//! How far the host's part of a piece has come.

/// A frame of the host, as far as its bits were read: to whom it goes, whether its end is signalled, and the bits,
/// the last one at the top.
#[derive(Clone, Copy, Drop)]
pub struct Frame {
    pub attention: bool,
    pub eoi: bool,
    pub byte: u8,
    pub count: u8,
}

/// How far the host's part of the piece under way has come. All moments are in microseconds.
#[derive(Clone, Copy, Drop)]
pub enum Phase {
    /// Nobody hears or talks.
    Open,
    /// ATN was pulled; whether CLOCK is to be pulled in the same moment, and DATA to be freed.
    Pulling(bool, bool),
    /// In attention, between frames.
    Attention,
    /// A drive listens, between frames.
    Listening,
    /// CLOCK is free: when DATA is free on the wire, and when the pulse of those who hear has ended there.
    Ready(Frame, u64, u64),
    /// CLOCK was pulled then; when DATA was set for the bit.
    Setting(Frame, u64, Option<u64>),
    /// CLOCK was freed with a bit then.
    Showing(Frame, u64),
    /// CLOCK was pulled after the eighth bit then, at which DATA is to be freed.
    Freeing(Frame, u64),
    /// ATN was freed with neither listener nor talker: CLOCK is to be freed.
    Leaving,
    /// DATA was pulled for a turnaround, and ATN is to be freed in the same moment.
    Turning,
    /// ATN was freed to a talker: CLOCK is to be freed.
    Turned,
    /// The talker answers then, and leads.
    Leading(u64),
    /// The talker answers then, with nothing to say.
    Silent(u64),
    /// There was nothing to say, and the host has freed DATA.
    Over,
    /// The talker offers a byte, last or not, and frees CLOCK then.
    Offered(bool, u64),
    /// For the last byte the host has freed DATA, then pulled it.
    Marking(u64),
    Marked(u64),
    /// The talker's bits run from that moment: whether the byte is the last, the bits and how many they are.
    Sending(bool, u64, u8, u8),
    /// All bits are due or shown: DATA is to be pulled.
    Waiting(bool, u64, u8),
    /// The last byte was taken.
    Taken,
}

impl Phase {
    /// Whether the piece is one of a drive that talks, which a pull of ATN may cut.
    pub fn is_talk(&self) -> bool {
        match self {
            Phase::Turned | Phase::Leading(_) | Phase::Silent(_) | Phase::Over => true,
            Phase::Offered(_, _) | Phase::Marking(_) | Phase::Marked(_) => true,
            Phase::Sending(_, _, _, _) | Phase::Waiting(_, _, _) | Phase::Taken => true,
            _ => false,
        }
    }
}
──────────
● Exercise description: Which of the lines above carry the string "true"? Copy every one.

● Answer to the exercise:
            Phase::Turned | Phase::Leading(_) | Phase::Silent(_) | Phase::Over => true,
            Phase::Offered(_, _) | Phase::Marking(_) | Phase::Marked(_) => true,
            Phase::Sending(_, _, _, _) | Phase::Waiting(_, _, _) | Phase::Taken => true,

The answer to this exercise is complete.